Happy to change my mind on this if anyone can explain to me why these comments are useful or informative at all.

mrasong 10/28/2025||
This post made me open up the Svelte docs again.
gloosx 10/28/2025||
> when I built the first implementations and started measuring, something became clear: the issues I was seeing with Next.js weren’t specific to Next.js. They were fundamental to React’s architecture.

So here some obscure Next.js issues magically become fundamental React architecture issues. What are these? Skill issues?

brazukadev 10/29/2025|
That is a decision that the React team decided to make and it alienated many of its users.
samwillis 10/28/2025||
This is a great comparison, but it depends so much on what sort of website or web app you are building. If you are building a content site, with the majority of visitors arriving without a hot cache bundle size is obviously massively important. But for a web app, with users regularly visiting, it's somewhat less important.

As ever on mobile it's latency, not bandwidth, that's the issue. You can very happily transfer a lot of data, but if that network is in your interactive hot path then you will always have a significant delay.

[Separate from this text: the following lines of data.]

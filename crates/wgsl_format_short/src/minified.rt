//! The minified text of a printed module, from its tokens.

ghost use Rattle.std.specs.Prelude.{◌≡◌, ◌++◌, chars, string_bytes, if◌then◌else◌, List, IfOk};
ghost use Rattle.grammar.specs.Endings.{Ending};
ghost use Rattle.wgsl_model.specs.Program.{IsUnit};
ghost use Rattle.wgsl_model.specs.Tokens.TokenList.{IsTokenList};
ghost use Rattle.wgsl_model.specs.Trees.Units.{TranslationUnit};
ghost use Rattle.wgsl_model_tidy.specs.Pieces.{Piece};
ghost use Rattle.wgsl_lex_token.specs.View.{class_of_kind};
ghost use Rattle.wgsl_lexer.specs.TextTokens.{tokens_left, ending_left};
ghost use Rattle.wgsl_model_short.specs.Respelled as model;
ghost use Rattle.wgsl_model_short.specs.Shortest.{gap, joined};
ghost use Rattle.wgsl_format_short.specs.Spelled.{two_classes};

use crate::numbers::{spelled, take_token};
use crate::spaces::gap;
use std::alloc::{AllocError, Global};
use wgsl_lex_token::kind::TokenKind;
use wgsl_lexer::TextTokens;

/// Returns the shortest text of a printed module: its tokens, but for whole numbers, which are in
/// hexadecimal if that is shorter, and for `case` before a `default` that is alone in its clause.
pub fn minify_print(alloc: Global, printed: &str) -> Result<String, AllocError>
    requires { (u : TranslationUnit) × IsUnit (chars printed.now) u }
    ensures { IfOk result (λ text.
        model.IsMinifiedText (chars printed.now) (chars (string_bytes text))) }
{
    let tokens = TextTokens::new(alloc, printed)?;
    Ok(minified(alloc, printed, tokens)?)
}

/// The text of these tokens of a source.
fn minified(alloc: Global, source: &str, tokens: TextTokens) -> Result<String, AllocError>
    requires { IsTokenList (chars source.now) (tokens_left tokens) (ending_left tokens) }
    ensures { IfOk result (λ text. chars (string_bytes text)
        ≡ model.minified (chars source.now) (tokens_left tokens.entry)) }
{
    let mut tokens = tokens;
    let mut next = tokens.clone(alloc)?;
    next.skip();
    let mut after = next.clone(alloc)?;
    after.skip();
    let mut text = String::with_capacity(alloc, source.len())?;
    let mut before = TokenKind::SymSemicolon;
    let mut last = TokenKind::SymSemicolon;
    'tokens: while let (Some(kind), Some(span)) = (tokens.kind(), tokens.span()) {
        let token = &source[span.start..span.end];
        let needless = is_needless(before, kind, next.kind(), after.kind());
        let other = take_token(alloc, &mut tokens, token)?;
        last = push_token(&mut text, last, kind, needless, spelled(&other, token))?;
        before = kind;
        next.skip();
        after.skip();
    }
    Ok(text)
}

/// Whether a token is the `case` before a `default` that is alone, by the tokens beside it.
fn is_needless(
    before: TokenKind,
    kind: TokenKind,
    next: Option<TokenKind>,
    after: Option<TokenKind>,
) -> bool
    ensures { result ≡ model.is_needless (class_of_kind before) (class_of_kind kind)
        (two_classes next after) }
{
    let (Some(next), Some(after)) = (next, after) else {
        return false;
    };
    kind as u8 == TokenKind::KwCase as u8
        && (next as u8 == TokenKind::KwDefault as u8
            && !(before as u8 == TokenKind::SymAttr as u8
                || after as u8 == TokenKind::SymComma as u8))
}

/// Writes a token, if it is not needless, and what is between it and the last one. Returns the kind
/// of the token that is the last one then.
fn push_token(
    text: &mut String,
    last: TokenKind,
    kind: TokenKind,
    needless: bool,
    token: &str,
) -> Result<TokenKind, AllocError>
    ensures { IfOk result (λ now. (ps : List Piece) →
        chars (string_bytes text.new) ++ joined (class_of_kind now) ps
        ≡ chars (string_bytes text.old) ++ (if needless then joined (class_of_kind last) ps
        else gap (class_of_kind last) (chars token.now)
        ++ (chars token.now ++ joined (class_of_kind kind) ps))) }
{
    if needless {
        return Ok(last);
    }
    text.push_str(gap(last, token))?;
    text.push_str(token)?;
    Ok(kind)
}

You should optimise to use the available bandwidth to solve the latency issues, after FCP. Preload as much data as possible such that navigations are instant.

willsmith72 10/28/2025||
> 40ms round-trip time

In that case how can you possibly get 35ms FCP? Am I missing something?

ozim 10/28/2025|
Let’s be honest: “desktop-only” is usually an excuse to skip performance discipline entirely

No, it is excuse not to invest money in places where users won't pay.

For questions about mobile - yeah we get requests for showing it on mobile but app in app store is hard requirement, because of discoverability. People know how to install app from app store and then they have icon. Making PWA icon is still too much work for normal people.

I would need "add to home screen" button in my website that I could have user making icon with single click, then I could go with PWA.